What the task asks: Please write out exactly the lines that begin at the line containing "column!(Self::LEVEL_START, Self::LEVEL_WIDTH =>" and run to the end of the records.

[[ Records for the task, beginning ]]

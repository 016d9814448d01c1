ghost use Rattle.format.specs.Layout.{grid_header};
ghost use Rattle.layouts.specs.Lies.{lie_grid_header};

use super::{Form, Layout, Span, TableColumn, column};

// Grid header: A2 "G ", I4, I2, I4, I4, level I2, rows I4, columns I4 (both at least 1), records I4, cell sizes I7, I7
// (at least 1), origin I7, I7 (any sign), A4, A4, A4, I2, I2, 9X, repeat I1 (1..9).
#[derive(Clone, Copy)]
pub struct GridHeader {}

impl GridHeader {
    pub const TYPE_WIDTH: usize = 2;

    pub const CLASS_WIDTH: usize = 4;

    pub const AREA_CODE_WIDTH: usize = 2;

    pub const INFORMATION_WIDTH: usize = 4;

    pub const NUMBER_WIDTH: usize = 4;

    pub const LEVEL_WIDTH: usize = 2;

    pub const ROWS_WIDTH: usize = 4;

    pub const COLUMNS_WIDTH: usize = 4;

    pub const RECORDS_WIDTH: usize = 4;

    pub const CELL_ROWS_WIDTH: usize = 7;

    pub const CELL_COLUMNS_WIDTH: usize = 7;

    pub const ORIGIN_X_WIDTH: usize = 7;

    pub const ORIGIN_Y_WIDTH: usize = 7;

    pub const ACQUIRED_WIDTH: usize = 4;

    pub const UPDATED_WIDTH: usize = 4;

    pub const DELETED_WIDTH: usize = 4;

    pub const FIGURE_WIDTH: usize = 2;

    pub const ACCURACY_WIDTH: usize = 2;

    pub const BLANK_WIDTH: usize = 9;

    pub const REPEAT_WIDTH: usize = 1;

    pub const TYPE_START: usize = 0;

    pub const CLASS_START: usize = Self::TYPE_START + Self::TYPE_WIDTH;

    pub const AREA_CODE_START: usize = Self::CLASS_START + Self::CLASS_WIDTH;

    pub const INFORMATION_START: usize = Self::AREA_CODE_START + Self::AREA_CODE_WIDTH;

    pub const NUMBER_START: usize = Self::INFORMATION_START + Self::INFORMATION_WIDTH;

    pub const LEVEL_START: usize = Self::NUMBER_START + Self::NUMBER_WIDTH;

    pub const ROWS_START: usize = Self::LEVEL_START + Self::LEVEL_WIDTH;

    pub const COLUMNS_START: usize = Self::ROWS_START + Self::ROWS_WIDTH;

    pub const RECORDS_START: usize = Self::COLUMNS_START + Self::COLUMNS_WIDTH;

    pub const CELL_ROWS_START: usize = Self::RECORDS_START + Self::RECORDS_WIDTH;

    pub const CELL_COLUMNS_START: usize = Self::CELL_ROWS_START + Self::CELL_ROWS_WIDTH;

    pub const ORIGIN_X_START: usize = Self::CELL_COLUMNS_START + Self::CELL_COLUMNS_WIDTH;

    pub const ORIGIN_Y_START: usize = Self::ORIGIN_X_START + Self::ORIGIN_X_WIDTH;

    pub const ACQUIRED_START: usize = Self::ORIGIN_Y_START + Self::ORIGIN_Y_WIDTH;

    pub const UPDATED_START: usize = Self::ACQUIRED_START + Self::ACQUIRED_WIDTH;

    pub const DELETED_START: usize = Self::UPDATED_START + Self::UPDATED_WIDTH;

    pub const FIGURE_START: usize = Self::DELETED_START + Self::DELETED_WIDTH;

    pub const ACCURACY_START: usize = Self::FIGURE_START + Self::FIGURE_WIDTH;

    pub const BLANK_START: usize = Self::ACCURACY_START + Self::ACCURACY_WIDTH;

    pub const REPEAT_START: usize = Self::BLANK_START + Self::BLANK_WIDTH;

    pub const END: usize = Self::REPEAT_START + Self::REPEAT_WIDTH;
}

impl Layout for GridHeader {
    ghost columns = { grid_header };

    ghost lie = { lie_grid_header };

    fn end() -> usize {
        Self::END
    }

    #[tactic(auto, unfolding(crate::specs::Tables::spans_of, format::specs::Layout::grid_header))]
    fn spans() -> &'static [Span] {
        &[
            Span(Self::TYPE_START, Self::TYPE_WIDTH),
            Span(Self::CLASS_START, Self::CLASS_WIDTH),
            Span(Self::AREA_CODE_START, Self::AREA_CODE_WIDTH),
            Span(Self::INFORMATION_START, Self::INFORMATION_WIDTH),
            Span(Self::NUMBER_START, Self::NUMBER_WIDTH),
            Span(Self::LEVEL_START, Self::LEVEL_WIDTH),
            Span(Self::ROWS_START, Self::ROWS_WIDTH),
            Span(Self::COLUMNS_START, Self::COLUMNS_WIDTH),
            Span(Self::RECORDS_START, Self::RECORDS_WIDTH),
            Span(Self::CELL_ROWS_START, Self::CELL_ROWS_WIDTH),
            Span(Self::CELL_COLUMNS_START, Self::CELL_COLUMNS_WIDTH),
            Span(Self::ORIGIN_X_START, Self::ORIGIN_X_WIDTH),
            Span(Self::ORIGIN_Y_START, Self::ORIGIN_Y_WIDTH),
            Span(Self::ACQUIRED_START, Self::ACQUIRED_WIDTH),
            Span(Self::UPDATED_START, Self::UPDATED_WIDTH),
            Span(Self::DELETED_START, Self::DELETED_WIDTH),
            Span(Self::FIGURE_START, Self::FIGURE_WIDTH),
            Span(Self::ACCURACY_START, Self::ACCURACY_WIDTH),
            Span(Self::BLANK_START, Self::BLANK_WIDTH),
            Span(Self::REPEAT_START, Self::REPEAT_WIDTH),
        ]
    }

    fn table() -> &'static [TableColumn] {
        &[
            column!(Self::CLASS_START, Self::CLASS_WIDTH => Integer, 0, 9999),
            column!(Self::AREA_CODE_START, Self::AREA_CODE_WIDTH => Integer, 0, 99),
            column!(Self::INFORMATION_START, Self::INFORMATION_WIDTH => Integer, 0, 9999),
            column!(Self::NUMBER_START, Self::NUMBER_WIDTH => Integer, 0, 9999),
            column!(Self::LEVEL_START, Self::LEVEL_WIDTH => Integer, 0, 99),
            column!(Self::ROWS_START, Self::ROWS_WIDTH => Integer, 1, 9999),
            column!(Self::COLUMNS_START, Self::COLUMNS_WIDTH => Integer, 1, 9999),
            column!(Self::RECORDS_START, Self::RECORDS_WIDTH => Integer, 0, 9999),
            column!(Self::CELL_ROWS_START, Self::CELL_ROWS_WIDTH => Integer, 1, 9999999),
            column!(Self::CELL_COLUMNS_START, Self::CELL_COLUMNS_WIDTH => Integer, 1, 9999999),
            column!(Self::ORIGIN_X_START, Self::ORIGIN_X_WIDTH => Integer, -999999, 9999999),
            column!(Self::ORIGIN_Y_START, Self::ORIGIN_Y_WIDTH => Integer, -999999, 9999999),
            column!(Self::FIGURE_START, Self::FIGURE_WIDTH => Integer, 0, 99),
            column!(Self::ACCURACY_START, Self::ACCURACY_WIDTH => Integer, 0, 99),
            column!(Self::BLANK_START, Self::BLANK_WIDTH => Blank, 0, 0),
            column!(Self::REPEAT_START, Self::REPEAT_WIDTH => Integer, 1, 9),
        ]
    }
}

[[ Records for the task, end ]]

Problem solution:
            column!(Self::LEVEL_START, Self::LEVEL_WIDTH => Integer, 0, 99),
            column!(Self::ROWS_START, Self::ROWS_WIDTH => Integer, 1, 9999),
            column!(Self::COLUMNS_START, Self::COLUMNS_WIDTH => Integer, 1, 9999),
            column!(Self::RECORDS_START, Self::RECORDS_WIDTH => Integer, 0, 9999),
            column!(Self::CELL_ROWS_START, Self::CELL_ROWS_WIDTH => Integer, 1, 9999999),
            column!(Self::CELL_COLUMNS_START, Self::CELL_COLUMNS_WIDTH => Integer, 1, 9999999),
            column!(Self::ORIGIN_X_START, Self::ORIGIN_X_WIDTH => Integer, -999999, 9999999),
            column!(Self::ORIGIN_Y_START, Self::ORIGIN_Y_WIDTH => Integer, -999999, 9999999),
            column!(Self::FIGURE_START, Self::FIGURE_WIDTH => Integer, 0, 99),
            column!(Self::ACCURACY_START, Self::ACCURACY_WIDTH => Integer, 0, 99),
            column!(Self::BLANK_START, Self::BLANK_WIDTH => Blank, 0, 0),
            column!(Self::REPEAT_START, Self::REPEAT_WIDTH => Integer, 1, 9),
        ]
    }
}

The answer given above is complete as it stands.